## Goal of the exercise:
Every line with "unfolding" in it must be copied from the data.

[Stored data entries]
★ ★ ★ ★ ★ ★ ★
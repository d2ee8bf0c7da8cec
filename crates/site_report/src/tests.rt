// The texts of the program of the built-in classes.
ghost use Rattle.std.specs.Prelude.{◌≡◌, [], length, All, IfOk};
ghost use Rattle.isolate_run.specs.declared.ended.Ended.{Ended};
ghost use Rattle.miss_handler.specs.declared.state.CallState.TheVariants.{Unlinked};

use crate::{check_text, list_text, load_text, run_text};
use dart_values::Trap;
use ds_base::NoMemory;
use isolate_run::{Ended, Ending};
use method_lookup::Linked;
use miss_handler::{CallState, Row, SiteStates};
use program::{SiteId, built_in_program};
use sqlite_items::Items;
use std::alloc::Global;
use std::process::Abort;

/// So many sites that had no call.
struct NoCalls(u32);

impl SiteStates for NoCalls {
    ghost sites = { λ s. s.0 };

    ghost state_at = { λ s k. Unlinked };

    ghost row_at = { λ s k. [] };

    fn state(&self, _: SiteId) -> CallState {
        CallState::Unlinked
    }

    fn row(&self, _: SiteId) -> Row {
        Row::empty()
    }
}

/// An entry that printed `h` and half of a pair, and threw a pair.
fn thrown(alloc: Global) -> Result<Ended, NoMemory>
    ensures { IfOk result (λ e. length e.calls.items ≡ 2) }
{
    let pair = Items::from_slice(alloc, &[0xD83D, 0xDE00])?;
    let half = Items::from_slice(alloc, &[0x68, 0xD83D])?;
    let mut lines = Vec::new(alloc);
    lines.push(half)?;
    let calls = vec![in alloc; 3; 2]?;
    Ok(Ended {
        lines,
        ending: Ending::Threw(Trap::Thrown(pair)),
        calls,
    })
}

fn tells_entries(
    rt: &impl Abort,
    alloc: Global,
    linked: &Linked,
    names: &[String],
    ended: &[Ended],
) -> Result<(), NoMemory>
    requires names { length names.now ≡ 1 }
    requires ended { length ended.now ≡ 1 }
    requires sites { length linked.now.program.sites ≡ 2 }
    requires calls { All (λ (e : Ended). length e.calls.items ≡ 2) ended.now }
{
    let run = run_text(alloc, linked, names, ended, &NoCalls(2))?;
    let told =
        "entry 0 main\nh\u{FFFD}\nend threw Thrown \u{1F600}\nsites 2\n0 toString/0 print calls 3 unlinked\n1 toString/0 list calls 3 unlinked\n";
    assert!(rt; run.as_slice() == told.as_bytes());
    let load = load_text(alloc, linked, names, ended)?;
    let told =
        "classes 7\nsites 2\nentry 0 main lines 1 last h\u{FFFD} end threw Thrown \u{1F600}\ncalls 6\n";
    assert!(rt; load.as_slice() == told.as_bytes());
    Ok(())
}

fn tells_program(rt: &impl Abort, alloc: Global, linked: &Linked) -> Result<(), NoMemory> {
    let check = check_text(alloc, linked)?;
    assert!(rt; check.as_slice() == b"ok classes 7 methods 49 selectors 1 sites 2\n".as_slice());
    let list = list_text(alloc, linked)?;
    assert!(rt;
        list.starts_with(b"class 0 Object parent - last 6\nclass 1 Null parent 0 last 1\n")
    );
    assert!(rt; list.ends_with(b"site 0 toString/0 print\nsite 1 toString/0 list\n"));
    Ok(())
}

fn tells(rt: &impl Abort, alloc: Global, linked: &Linked) -> Result<(), NoMemory>
    requires { length linked.now.program.sites ≡ 2 }
{
    let mut names = Vec::new(alloc);
    names.push(String::from_str(alloc, "main")?)?;
    let mut ended = Vec::new(alloc);
    ended.push(thrown(alloc)?)?;
    tells_program(rt, alloc, linked)?;
    tells_entries(rt, alloc, linked, &names, &ended)
}

fn built_in(alloc: Global) -> Result<Linked, NoMemory>
    ensures { IfOk result (λ l. length l.program.sites ≡ 2) }
{
    Linked::build(alloc, built_in_program(alloc)?)
}

#[test]
fn tells_what_is_there_and_what_was_done(rt: HostRuntime) -> Result<(), NoMemory> {
    let linked = built_in(rt.alloc())?;
    tells(&rt, rt.alloc(), &linked)
}
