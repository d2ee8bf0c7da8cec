// The lines of sites in the text of `run`.
ghost use Rattle.std.specs.Prelude.{◌≡◌, ◌<◌, ◌≤◌, ◌++◌, length, OnOk, slice_get};
ghost use Rattle.std.specs.List.{flat_map, enumerate_from};
ghost use Rattle.program.specs.Program.{parts_of};
ghost use Rattle.miss_handler.specs.States.{checks_of};
ghost use Rattle.miss_handler.specs.Sites.{IsNamed};
ghost use Rattle.site_report.specs.Report.{arrow_text, check_of, row_text, state_text, site_line, sites_text, AreCounted, AreNamed, count_at};

use crate::counts::count_at;
use crate::names::{class_name, push_site_name, push_target};
use byte_texts::{push, push_number};
use ds_base::NoMemory;
use isolate_run::Ended;
use method_lookup::Linked;
use miss_handler::{CallState, Row, SiteStates};
use program::{ClassId, Numbered, SelectorId, Site, SiteId, Target};

#[tactic(auto, unfolding(crate::specs::Report::arrow_text))]
fn push_arrow(out: &mut Vec<u8>, program: &Numbered, c: ClassId, t: Target) -> Result<(), NoMemory>
    ensures { OnOk result (out.new.items ≡ out.old.items ++ arrow_text (parts_of program.now) c.0 t) }
{
    push(out, class_name(program, c))?;
    push(out, b" -> ")?;
    push_target(out, program, t)
}

fn push_check(out: &mut Vec<u8>, program: &Numbered, row: &Row, i: u32) -> Result<(), NoMemory>
    requires { i < length (checks_of row.now) }
    ensures { OnOk result (out.new.items ≡ out.old.items ++ check_of (parts_of program.now) (slice_get (checks_of row.now) i)) }
{
    push_arrow(out, program, row.class_at(i), row.target_at(i))
}

/// The checks of a row.
fn push_row(out: &mut Vec<u8>, program: &Numbered, row: &Row) -> Result<(), NoMemory>
    ensures { OnOk result (out.new.items ≡ out.old.items ++ row_text (parts_of program.now) (checks_of row.now)) }
{
    if row.len() == 0 {
        return Ok(());
    }
    push(out, b" ")?;
    push_check(out, program, row, 0)?;
    for i in 1..row.len() {
        push(out, b", ")?;
        push_check(out, program, row, i)?;
    }
    Ok(())
}

fn push_state(
    out: &mut Vec<u8>,
    linked: &Linked,
    selector: SelectorId,
    state: CallState,
    row: &Row,
) -> Result<(), NoMemory>
    requires selector { selector.0 < length linked.now.program.selectors }
    requires named { IsNamed (length linked.now.program.classes) state }
    ensures { OnOk result (out.new.items ≡ out.old.items ++ state_text (parts_of linked.now.program) selector.0 state (checks_of row.now)) }
{
    let program = linked.program();
    match state {
        CallState::Unlinked => push(out, b"unlinked"),
        CallState::Mono(a) => {
            push(out, b"mono ")?;
            push_arrow(out, program, a, linked.target_of(a, selector))
        }
        CallState::Single(lo, hi, t) => {
            push(out, b"single ")?;
            push(out, class_name(program, lo))?;
            push(out, b"..")?;
            push_arrow(out, program, hi, t)
        }
        CallState::Cached => {
            push(out, b"cached")?;
            push_row(out, program, row)
        }
        CallState::Mega => push(out, b"mega"),
    }
}

#[tactic(auto, unfolding(crate::specs::Report::site_line))]
fn push_site(
    out: &mut Vec<u8>,
    linked: &Linked,
    number: usize,
    site: Site,
    count: u128,
    state: CallState,
    row: &Row,
) -> Result<(), NoMemory>
    requires selector { site.selector.0 < length linked.now.program.selectors }
    requires named { IsNamed (length linked.now.program.classes) state }
    ensures { OnOk result (out.new.items ≡ out.old.items ++ site_line (parts_of linked.now.program) number site count state (checks_of row.now)) }
{
    push_site_name(out, linked.program(), number, site)?;
    push(out, b" calls ")?;
    push_number(out, count)?;
    push(out, b" ")?;
    push_state(out, linked, site.selector, state, row)?;
    push(out, b"\n")
}

/// How many sites there are, and the line of each.
#[tactic(auto, unfolding(crate::specs::Report::sites_text))]
pub fn push_sites<S: SiteStates>(
    out: &mut Vec<u8>,
    linked: &Linked,
    ended: &[Ended],
    states: &S,
) -> Result<(), NoMemory>
    requires few { length ended.now ≤ 64 }
    requires counted { AreCounted (parts_of linked.now.program) ended.now }
    requires sites { S.sites states.now ≡ length linked.now.program.sites }
    requires named { AreNamed (parts_of linked.now.program) (S.state_at states.now) }
    ensures { OnOk result (out.new.items ≡ out.old.items ++ sites_text (parts_of linked.now.program) (count_at ended.now) (S.state_at states.now) (S.row_at states.now)) }
{
    let sites = linked.program().sites.as_slice();
    push(out, b"sites ")?;
    push_number(out, sites.len())?;
    push(out, b"\n")?;
    for number in 0..sites.len() {
        let id = SiteId(number as u32);
        let count = count_at(ended, number);
        let row = states.row(id);
        push_site(
            out,
            linked,
            number,
            sites[number],
            count,
            states.state(id),
            &row,
        )?;
    }
    Ok(())
}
★ ★ ★ ★ ★ ★ ★
## Exercise result:
#[tactic(auto, unfolding(crate::specs::Report::arrow_text))]
#[tactic(auto, unfolding(crate::specs::Report::site_line))]
#[tactic(auto, unfolding(crate::specs::Report::sites_text))]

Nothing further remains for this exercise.